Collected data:
# # # # #
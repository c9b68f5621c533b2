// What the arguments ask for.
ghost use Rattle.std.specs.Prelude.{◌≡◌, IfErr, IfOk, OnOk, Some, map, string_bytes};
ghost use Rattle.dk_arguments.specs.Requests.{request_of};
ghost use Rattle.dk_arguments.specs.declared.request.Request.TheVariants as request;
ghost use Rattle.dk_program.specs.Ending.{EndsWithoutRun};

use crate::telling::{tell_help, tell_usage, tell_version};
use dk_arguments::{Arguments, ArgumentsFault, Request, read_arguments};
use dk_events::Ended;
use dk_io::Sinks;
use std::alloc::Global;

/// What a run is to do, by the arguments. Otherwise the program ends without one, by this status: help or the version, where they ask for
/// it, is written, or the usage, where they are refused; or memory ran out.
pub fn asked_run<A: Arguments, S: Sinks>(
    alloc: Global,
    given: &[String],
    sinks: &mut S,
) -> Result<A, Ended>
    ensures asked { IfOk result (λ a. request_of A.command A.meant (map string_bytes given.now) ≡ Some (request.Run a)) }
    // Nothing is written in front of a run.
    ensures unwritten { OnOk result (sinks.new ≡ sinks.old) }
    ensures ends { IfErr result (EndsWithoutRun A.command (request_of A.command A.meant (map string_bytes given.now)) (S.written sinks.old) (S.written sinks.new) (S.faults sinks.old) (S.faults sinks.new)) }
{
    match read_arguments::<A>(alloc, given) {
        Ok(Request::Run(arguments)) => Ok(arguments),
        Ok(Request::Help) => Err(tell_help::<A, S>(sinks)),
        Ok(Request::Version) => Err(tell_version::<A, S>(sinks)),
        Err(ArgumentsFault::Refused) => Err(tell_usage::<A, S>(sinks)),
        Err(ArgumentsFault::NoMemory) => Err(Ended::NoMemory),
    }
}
# # # # #
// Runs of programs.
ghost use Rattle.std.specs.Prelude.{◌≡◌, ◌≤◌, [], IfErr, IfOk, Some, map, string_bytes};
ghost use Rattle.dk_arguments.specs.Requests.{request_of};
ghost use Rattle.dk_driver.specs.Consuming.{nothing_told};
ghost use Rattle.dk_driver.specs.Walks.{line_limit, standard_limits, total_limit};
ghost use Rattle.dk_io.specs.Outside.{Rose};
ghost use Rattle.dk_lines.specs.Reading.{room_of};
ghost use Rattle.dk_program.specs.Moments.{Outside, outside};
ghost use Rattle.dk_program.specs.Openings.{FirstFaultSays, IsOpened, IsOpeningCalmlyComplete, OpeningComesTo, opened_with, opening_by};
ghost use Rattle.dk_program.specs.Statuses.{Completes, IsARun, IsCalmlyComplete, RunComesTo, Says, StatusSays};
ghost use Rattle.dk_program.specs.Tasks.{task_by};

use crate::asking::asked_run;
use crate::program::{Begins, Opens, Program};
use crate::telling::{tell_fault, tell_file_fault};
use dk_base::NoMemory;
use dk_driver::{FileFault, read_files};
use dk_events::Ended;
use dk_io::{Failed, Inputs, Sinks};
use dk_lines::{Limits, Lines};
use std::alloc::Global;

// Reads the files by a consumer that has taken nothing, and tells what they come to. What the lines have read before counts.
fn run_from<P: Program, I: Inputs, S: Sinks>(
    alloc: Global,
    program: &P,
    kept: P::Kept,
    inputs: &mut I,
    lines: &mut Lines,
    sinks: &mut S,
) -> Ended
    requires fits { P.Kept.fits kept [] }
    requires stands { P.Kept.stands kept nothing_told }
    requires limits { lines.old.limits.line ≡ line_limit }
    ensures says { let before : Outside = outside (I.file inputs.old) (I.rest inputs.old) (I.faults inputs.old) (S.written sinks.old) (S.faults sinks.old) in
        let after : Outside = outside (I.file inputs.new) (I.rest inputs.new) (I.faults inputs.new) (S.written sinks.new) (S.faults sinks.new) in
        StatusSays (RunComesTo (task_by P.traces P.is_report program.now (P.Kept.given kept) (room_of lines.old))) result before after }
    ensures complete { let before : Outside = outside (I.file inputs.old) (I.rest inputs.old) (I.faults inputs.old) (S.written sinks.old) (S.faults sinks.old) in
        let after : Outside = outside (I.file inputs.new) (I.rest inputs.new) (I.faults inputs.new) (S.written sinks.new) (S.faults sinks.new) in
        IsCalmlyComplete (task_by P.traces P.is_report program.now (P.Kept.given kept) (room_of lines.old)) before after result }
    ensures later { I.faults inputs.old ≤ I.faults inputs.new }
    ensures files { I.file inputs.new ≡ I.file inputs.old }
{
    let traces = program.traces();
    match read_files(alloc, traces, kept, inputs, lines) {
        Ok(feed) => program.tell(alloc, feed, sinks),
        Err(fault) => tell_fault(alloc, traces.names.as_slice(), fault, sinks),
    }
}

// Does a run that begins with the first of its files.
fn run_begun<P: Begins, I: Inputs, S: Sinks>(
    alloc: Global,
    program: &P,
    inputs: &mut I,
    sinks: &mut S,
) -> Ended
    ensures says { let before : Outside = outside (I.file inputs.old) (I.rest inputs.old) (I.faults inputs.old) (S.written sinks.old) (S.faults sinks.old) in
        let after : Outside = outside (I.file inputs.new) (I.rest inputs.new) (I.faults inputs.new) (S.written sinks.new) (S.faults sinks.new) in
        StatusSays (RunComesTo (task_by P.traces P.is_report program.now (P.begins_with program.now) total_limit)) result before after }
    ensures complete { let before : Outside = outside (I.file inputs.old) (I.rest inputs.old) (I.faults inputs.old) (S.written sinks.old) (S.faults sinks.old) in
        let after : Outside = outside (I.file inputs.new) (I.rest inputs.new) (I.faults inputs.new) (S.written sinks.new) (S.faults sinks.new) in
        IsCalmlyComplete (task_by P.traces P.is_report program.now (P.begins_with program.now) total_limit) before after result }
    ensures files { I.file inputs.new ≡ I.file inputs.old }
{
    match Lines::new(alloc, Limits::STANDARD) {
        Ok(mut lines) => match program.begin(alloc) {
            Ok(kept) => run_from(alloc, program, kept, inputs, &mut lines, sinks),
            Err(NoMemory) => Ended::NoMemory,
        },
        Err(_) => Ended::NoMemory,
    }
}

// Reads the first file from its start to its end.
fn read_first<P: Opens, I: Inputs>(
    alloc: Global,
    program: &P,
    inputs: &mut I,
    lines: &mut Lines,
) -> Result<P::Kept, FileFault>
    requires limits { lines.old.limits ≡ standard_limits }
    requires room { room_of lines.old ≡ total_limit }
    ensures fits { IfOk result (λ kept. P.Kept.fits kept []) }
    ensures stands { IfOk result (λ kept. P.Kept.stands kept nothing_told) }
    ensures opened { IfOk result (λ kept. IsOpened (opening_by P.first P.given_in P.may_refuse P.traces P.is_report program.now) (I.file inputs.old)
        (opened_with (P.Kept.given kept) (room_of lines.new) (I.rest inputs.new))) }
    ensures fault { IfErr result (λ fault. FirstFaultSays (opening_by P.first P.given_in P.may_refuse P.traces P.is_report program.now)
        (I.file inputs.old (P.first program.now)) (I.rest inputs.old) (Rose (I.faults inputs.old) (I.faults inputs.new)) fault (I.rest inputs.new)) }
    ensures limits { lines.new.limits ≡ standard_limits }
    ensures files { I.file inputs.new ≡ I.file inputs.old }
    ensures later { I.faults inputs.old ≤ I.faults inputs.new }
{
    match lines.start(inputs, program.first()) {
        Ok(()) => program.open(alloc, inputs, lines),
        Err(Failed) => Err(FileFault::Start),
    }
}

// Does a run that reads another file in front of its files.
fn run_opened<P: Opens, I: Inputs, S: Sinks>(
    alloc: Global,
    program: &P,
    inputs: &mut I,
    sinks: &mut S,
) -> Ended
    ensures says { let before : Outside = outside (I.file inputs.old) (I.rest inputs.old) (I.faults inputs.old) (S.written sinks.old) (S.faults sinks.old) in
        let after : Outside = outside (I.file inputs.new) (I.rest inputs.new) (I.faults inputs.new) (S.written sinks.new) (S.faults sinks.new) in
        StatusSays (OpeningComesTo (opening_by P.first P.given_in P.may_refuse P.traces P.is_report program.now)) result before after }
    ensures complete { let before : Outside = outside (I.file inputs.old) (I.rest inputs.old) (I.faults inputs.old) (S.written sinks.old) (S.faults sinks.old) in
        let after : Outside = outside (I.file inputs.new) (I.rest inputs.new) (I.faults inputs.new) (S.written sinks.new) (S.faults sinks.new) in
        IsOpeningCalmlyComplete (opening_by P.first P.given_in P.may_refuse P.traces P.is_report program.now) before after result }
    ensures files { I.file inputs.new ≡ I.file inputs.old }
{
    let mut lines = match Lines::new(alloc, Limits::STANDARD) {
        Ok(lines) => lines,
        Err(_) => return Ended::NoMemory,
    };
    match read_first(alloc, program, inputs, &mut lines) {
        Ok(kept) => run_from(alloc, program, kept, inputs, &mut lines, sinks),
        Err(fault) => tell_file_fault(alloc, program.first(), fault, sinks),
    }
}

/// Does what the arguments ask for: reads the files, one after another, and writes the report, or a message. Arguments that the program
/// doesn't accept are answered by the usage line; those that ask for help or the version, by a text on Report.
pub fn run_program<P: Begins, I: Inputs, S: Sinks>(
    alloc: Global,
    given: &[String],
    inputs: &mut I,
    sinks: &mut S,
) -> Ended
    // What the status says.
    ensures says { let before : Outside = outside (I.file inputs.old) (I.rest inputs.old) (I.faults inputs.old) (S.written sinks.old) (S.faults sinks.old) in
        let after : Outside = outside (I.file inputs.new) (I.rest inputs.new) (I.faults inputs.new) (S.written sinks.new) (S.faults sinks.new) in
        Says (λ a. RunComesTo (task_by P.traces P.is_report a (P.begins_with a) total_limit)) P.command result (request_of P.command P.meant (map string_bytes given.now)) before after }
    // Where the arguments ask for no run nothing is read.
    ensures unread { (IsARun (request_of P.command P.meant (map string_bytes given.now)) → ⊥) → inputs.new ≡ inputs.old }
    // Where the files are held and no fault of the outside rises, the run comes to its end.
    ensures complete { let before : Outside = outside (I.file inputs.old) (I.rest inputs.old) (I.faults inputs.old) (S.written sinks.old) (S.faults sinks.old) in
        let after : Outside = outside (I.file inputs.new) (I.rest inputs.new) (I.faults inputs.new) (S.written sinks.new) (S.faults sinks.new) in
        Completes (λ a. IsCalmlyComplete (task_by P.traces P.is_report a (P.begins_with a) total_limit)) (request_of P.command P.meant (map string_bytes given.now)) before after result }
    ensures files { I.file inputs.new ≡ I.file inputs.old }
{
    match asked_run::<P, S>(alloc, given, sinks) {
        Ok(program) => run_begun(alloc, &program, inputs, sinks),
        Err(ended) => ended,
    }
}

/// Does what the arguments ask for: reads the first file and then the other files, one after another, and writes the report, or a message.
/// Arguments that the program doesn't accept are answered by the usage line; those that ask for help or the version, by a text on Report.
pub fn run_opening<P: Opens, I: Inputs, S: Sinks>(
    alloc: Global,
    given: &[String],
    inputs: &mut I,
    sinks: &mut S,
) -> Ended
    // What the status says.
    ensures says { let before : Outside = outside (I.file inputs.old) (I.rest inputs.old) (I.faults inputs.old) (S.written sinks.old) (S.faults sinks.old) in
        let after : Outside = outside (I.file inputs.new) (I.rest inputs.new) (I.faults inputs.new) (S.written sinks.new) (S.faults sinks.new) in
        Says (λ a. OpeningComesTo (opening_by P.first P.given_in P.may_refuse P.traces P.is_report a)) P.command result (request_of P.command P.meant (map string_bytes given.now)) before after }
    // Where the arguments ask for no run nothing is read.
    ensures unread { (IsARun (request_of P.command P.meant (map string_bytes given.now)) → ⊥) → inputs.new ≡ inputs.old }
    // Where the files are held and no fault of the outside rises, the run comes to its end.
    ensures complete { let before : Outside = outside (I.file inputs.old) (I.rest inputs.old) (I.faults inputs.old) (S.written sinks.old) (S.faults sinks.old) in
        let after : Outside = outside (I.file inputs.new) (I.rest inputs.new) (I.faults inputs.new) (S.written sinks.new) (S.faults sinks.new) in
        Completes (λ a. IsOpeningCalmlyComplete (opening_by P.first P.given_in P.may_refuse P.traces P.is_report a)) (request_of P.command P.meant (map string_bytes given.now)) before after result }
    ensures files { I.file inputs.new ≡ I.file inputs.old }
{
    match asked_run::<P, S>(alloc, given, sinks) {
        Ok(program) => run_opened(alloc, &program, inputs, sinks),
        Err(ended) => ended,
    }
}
# # # # #
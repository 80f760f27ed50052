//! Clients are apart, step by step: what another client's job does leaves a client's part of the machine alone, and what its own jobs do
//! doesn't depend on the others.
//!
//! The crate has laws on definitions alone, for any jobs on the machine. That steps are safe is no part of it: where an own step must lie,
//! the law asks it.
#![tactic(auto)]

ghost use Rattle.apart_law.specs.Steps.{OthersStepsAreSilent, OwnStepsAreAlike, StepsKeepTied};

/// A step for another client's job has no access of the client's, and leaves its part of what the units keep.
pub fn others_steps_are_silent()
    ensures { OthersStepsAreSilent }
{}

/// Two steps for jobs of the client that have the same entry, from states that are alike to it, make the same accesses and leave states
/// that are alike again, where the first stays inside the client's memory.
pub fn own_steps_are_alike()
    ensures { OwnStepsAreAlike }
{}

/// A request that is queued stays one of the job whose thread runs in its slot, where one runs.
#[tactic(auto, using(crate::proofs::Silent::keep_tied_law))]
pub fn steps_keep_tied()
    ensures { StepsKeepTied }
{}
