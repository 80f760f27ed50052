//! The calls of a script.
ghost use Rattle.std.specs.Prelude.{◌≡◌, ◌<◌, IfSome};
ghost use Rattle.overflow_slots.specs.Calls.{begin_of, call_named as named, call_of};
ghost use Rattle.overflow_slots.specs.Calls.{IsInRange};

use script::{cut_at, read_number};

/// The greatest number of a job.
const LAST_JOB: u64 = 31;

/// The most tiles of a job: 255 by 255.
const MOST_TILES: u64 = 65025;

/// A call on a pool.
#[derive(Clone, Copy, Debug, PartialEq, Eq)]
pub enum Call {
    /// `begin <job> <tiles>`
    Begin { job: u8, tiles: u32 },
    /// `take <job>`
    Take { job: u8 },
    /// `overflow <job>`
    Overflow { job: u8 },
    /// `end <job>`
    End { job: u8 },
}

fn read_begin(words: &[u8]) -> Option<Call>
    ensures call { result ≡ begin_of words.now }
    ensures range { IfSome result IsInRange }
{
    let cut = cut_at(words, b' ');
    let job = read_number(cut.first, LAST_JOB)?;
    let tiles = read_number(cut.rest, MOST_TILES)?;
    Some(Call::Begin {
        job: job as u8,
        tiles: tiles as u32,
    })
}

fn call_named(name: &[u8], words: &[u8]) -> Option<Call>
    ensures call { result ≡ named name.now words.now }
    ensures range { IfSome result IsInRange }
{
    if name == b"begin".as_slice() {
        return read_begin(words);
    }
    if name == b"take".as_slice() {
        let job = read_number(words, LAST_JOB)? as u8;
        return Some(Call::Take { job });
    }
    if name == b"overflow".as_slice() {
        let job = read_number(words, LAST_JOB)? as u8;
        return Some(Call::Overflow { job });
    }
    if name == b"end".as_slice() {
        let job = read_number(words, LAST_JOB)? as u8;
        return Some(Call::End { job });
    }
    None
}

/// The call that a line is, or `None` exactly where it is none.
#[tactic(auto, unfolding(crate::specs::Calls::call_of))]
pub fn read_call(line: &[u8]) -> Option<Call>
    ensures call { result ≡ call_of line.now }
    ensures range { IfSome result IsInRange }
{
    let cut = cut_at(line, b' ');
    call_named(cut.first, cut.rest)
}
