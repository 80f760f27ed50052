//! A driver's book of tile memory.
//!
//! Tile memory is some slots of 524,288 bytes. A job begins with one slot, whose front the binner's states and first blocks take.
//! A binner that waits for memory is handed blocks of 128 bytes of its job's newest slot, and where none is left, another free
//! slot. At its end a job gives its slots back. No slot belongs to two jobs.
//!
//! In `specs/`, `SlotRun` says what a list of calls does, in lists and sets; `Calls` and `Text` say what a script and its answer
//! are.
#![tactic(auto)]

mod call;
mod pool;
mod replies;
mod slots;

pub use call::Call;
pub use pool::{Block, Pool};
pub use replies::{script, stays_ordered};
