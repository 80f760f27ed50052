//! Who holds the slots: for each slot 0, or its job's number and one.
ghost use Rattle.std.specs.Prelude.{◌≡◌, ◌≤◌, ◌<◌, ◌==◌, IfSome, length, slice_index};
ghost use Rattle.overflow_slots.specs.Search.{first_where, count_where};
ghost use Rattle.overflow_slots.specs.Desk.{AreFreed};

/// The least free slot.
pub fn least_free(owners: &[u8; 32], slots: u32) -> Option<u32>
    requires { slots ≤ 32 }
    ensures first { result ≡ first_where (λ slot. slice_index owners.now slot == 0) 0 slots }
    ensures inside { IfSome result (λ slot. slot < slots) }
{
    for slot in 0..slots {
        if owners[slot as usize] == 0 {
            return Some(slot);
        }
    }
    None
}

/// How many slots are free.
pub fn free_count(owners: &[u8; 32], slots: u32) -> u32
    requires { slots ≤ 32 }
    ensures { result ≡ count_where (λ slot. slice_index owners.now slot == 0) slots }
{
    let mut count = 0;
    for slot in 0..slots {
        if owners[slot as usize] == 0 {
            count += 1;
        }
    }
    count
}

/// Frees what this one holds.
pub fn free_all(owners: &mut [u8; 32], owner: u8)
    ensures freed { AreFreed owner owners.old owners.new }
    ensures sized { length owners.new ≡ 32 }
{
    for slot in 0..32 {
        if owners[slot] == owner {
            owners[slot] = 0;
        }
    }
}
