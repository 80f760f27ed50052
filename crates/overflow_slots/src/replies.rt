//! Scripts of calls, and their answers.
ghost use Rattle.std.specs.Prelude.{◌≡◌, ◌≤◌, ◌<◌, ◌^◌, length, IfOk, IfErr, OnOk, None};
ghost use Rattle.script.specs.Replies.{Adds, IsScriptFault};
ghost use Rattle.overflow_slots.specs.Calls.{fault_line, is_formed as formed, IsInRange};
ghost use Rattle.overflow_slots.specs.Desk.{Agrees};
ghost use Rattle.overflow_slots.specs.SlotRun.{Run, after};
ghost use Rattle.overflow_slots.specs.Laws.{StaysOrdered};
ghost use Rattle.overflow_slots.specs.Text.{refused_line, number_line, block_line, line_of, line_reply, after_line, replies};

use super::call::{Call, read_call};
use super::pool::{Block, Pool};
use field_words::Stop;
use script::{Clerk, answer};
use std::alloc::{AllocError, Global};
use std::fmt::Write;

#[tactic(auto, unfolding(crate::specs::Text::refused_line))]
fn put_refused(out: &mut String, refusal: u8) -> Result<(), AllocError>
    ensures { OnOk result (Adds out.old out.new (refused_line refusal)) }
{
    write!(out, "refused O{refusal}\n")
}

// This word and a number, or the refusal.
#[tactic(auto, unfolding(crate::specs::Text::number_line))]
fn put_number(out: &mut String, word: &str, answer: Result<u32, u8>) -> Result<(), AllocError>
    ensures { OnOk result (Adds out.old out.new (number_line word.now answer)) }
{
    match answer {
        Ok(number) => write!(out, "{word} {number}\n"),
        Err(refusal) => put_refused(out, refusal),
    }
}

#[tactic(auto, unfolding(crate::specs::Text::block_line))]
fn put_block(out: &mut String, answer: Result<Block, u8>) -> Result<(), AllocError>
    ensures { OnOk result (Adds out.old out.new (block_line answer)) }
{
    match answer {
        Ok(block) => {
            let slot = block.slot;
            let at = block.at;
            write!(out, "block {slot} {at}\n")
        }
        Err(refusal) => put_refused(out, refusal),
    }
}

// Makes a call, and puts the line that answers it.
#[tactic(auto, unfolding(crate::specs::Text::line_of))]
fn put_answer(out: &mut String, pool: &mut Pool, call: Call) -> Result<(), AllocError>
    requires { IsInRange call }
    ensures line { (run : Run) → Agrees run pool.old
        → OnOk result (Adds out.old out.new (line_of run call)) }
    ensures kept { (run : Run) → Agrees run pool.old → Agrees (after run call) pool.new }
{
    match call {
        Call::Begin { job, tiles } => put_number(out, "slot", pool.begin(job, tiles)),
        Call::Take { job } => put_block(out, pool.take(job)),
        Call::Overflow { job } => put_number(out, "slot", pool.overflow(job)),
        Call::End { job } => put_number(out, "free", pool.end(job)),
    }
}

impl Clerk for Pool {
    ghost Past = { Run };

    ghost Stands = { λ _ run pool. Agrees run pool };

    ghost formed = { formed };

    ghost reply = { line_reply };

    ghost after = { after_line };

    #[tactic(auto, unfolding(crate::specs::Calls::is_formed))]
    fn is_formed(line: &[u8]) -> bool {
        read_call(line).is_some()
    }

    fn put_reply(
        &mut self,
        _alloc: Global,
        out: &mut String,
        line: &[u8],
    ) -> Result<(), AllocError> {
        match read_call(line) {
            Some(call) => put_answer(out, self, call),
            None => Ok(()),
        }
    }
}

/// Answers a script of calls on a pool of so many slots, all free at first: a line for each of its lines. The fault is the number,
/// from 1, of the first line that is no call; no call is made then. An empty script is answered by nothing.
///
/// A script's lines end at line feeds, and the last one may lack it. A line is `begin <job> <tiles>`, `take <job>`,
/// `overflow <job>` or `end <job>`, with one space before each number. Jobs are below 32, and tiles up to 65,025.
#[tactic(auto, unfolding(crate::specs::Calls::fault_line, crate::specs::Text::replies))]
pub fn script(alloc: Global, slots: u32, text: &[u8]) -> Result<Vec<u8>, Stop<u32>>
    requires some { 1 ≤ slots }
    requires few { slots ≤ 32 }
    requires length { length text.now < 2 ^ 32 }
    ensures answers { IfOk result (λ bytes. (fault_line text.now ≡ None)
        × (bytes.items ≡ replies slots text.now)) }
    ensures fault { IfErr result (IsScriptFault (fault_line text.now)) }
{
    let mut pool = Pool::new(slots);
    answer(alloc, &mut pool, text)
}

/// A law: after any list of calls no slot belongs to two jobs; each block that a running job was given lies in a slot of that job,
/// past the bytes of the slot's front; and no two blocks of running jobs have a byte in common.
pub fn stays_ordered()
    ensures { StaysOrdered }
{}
# # # # #
WHAT IS REQUIRED ▸ Could you set down, exactly as written, the lines above between the one holding "repository c9b68f5621c533b2" and the one holding "they ask for", inclusive, and nothing more?

RESULT FOR THIS EXERCISE ▸
repository c9b68f5621c533b2
// What the arguments ask for.
ghost use Rattle.std.specs.Prelude.{◌≡◌, IfErr, IfOk, OnOk, Some, map, string_bytes};
ghost use Rattle.dk_arguments.specs.Requests.{request_of};
ghost use Rattle.dk_arguments.specs.declared.request.Request.TheVariants as request;
ghost use Rattle.dk_program.specs.Ending.{EndsWithoutRun};

use crate::telling::{tell_help, tell_usage, tell_version};
use dk_arguments::{Arguments, ArgumentsFault, Request, read_arguments};
use dk_events::Ended;
use dk_io::Sinks;
use std::alloc::Global;

/// What a run is to do, by the arguments. Otherwise the program ends without one, by this status: help or the version, where they ask for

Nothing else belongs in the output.